Search code examples
operating-systemkernelmallocheap-memoryosdev

Other than malloc/free does a program need the OS to provide anything else?


I'm working on designing the kernel (which I'm going to actually call the "core" just to be different, but its basically the same) for an OS I'm working on. The specifics of the OS itself are irrelevant if I can't get multi-tasking, memory management, and other basic things up and running, so I need to work on that first. I've some questinos about designing a malloc routine.

I figure that malloc() is either going to be a part of the kernel itself (I'm leaning towards this) or a part of the program, but I'm going to have to write my own implementation of the C standard library either way, so I get to write a malloc. My question is actually rather simple in this regard, how does C (or C++) manage its heap?

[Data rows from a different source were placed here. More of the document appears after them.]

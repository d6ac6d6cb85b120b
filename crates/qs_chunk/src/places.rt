//! Places one behind the other, in a ring.

ghost use Rattle.std.specs.Prelude.{◌<◌, ◌≤◌};
ghost use Rattle.qs_chunk.specs.Ring.{IsOn};
ghost use Rattle.qs_chunk.specs.Limits.{largest_chunk};

/// The place that lies `steps` on from `start`. Behind the last place lies place 0.
pub(crate) fn place_on(start: usize, steps: usize, capacity: usize) -> usize
    requires { (start < capacity) × (steps ≤ capacity) × (capacity ≤ largest_chunk) }
    ensures { IsOn start steps capacity result }
{
    let place = start + steps;
    if place < capacity {
        place
    } else {
        place - capacity
    }
}

/// The place after another one. Behind the last place lies place 0.
#[inline(always)]
pub(crate) fn place_after(place: usize, capacity: usize) -> usize
    requires { (place < capacity) × (capacity ≤ largest_chunk) }
    ensures { IsOn place 1 capacity result }
{
    let next = place + 1;
    if next == capacity { 0 } else { next }
}
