// Memory that was taken, and to which nothing was written yet.

ghost use Rattle.std.specs.Prelude.{◌≡◌, ◌≤◌, [], vec_capacity};

use std::alloc::Global;

/// A value that tells nothing, to be written where no value lies yet.
pub(crate) trait Blank: Drop {
    fn blank(alloc: Global) -> Self;
}

/// Writes to the memory that an empty list has taken for so many values. The system finds memory as it is first written
/// to, which takes some microseconds for each page; so no later push has to wait for that.
pub(crate) fn touch<T: Blank>(items: &mut Vec<T>, count: usize)
    requires empty { items.old.items ≡ [] }
    requires room { count ≤ vec_capacity items.old }
    ensures empty { items.new.items ≡ [] }
    ensures capacity { vec_capacity items.new ≡ vec_capacity items.old }
{
    let alloc = *items.allocator();
    for _value in 0..count {
        items.push_reserved(T::blank(alloc));
    }
    items.clear();
}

What I've always been taught in theorey classes is that the heap is an ever expanding piece of memory, starting at a specified address, and in a lot of senses behaving like a stack. In this way, I know that variables declared in global scope are at the beginning, and more variables are "pushed" onto the heap as they are declared in their respective scopes, and variables that go out of scope are simply left in memory space, but that space is marked as free so the heap can expand more if it needs to.

What I need to know is, how on earth does C actually handle a dynamically expanding heap in this manner? Does a compiled C program make its own calls to a malloc routine and handle its own heap, or do I need to provide it with an automatically expanding space? Also, how does the C program know where the heap begins?

Oh, and I know that the same concepts apply to other languages, but I would like any examples to be in C/C++ because I'm most comfortable with that language. I also would like to not worry about other things such as the stack, as I think I'm able to handle things like this on my own.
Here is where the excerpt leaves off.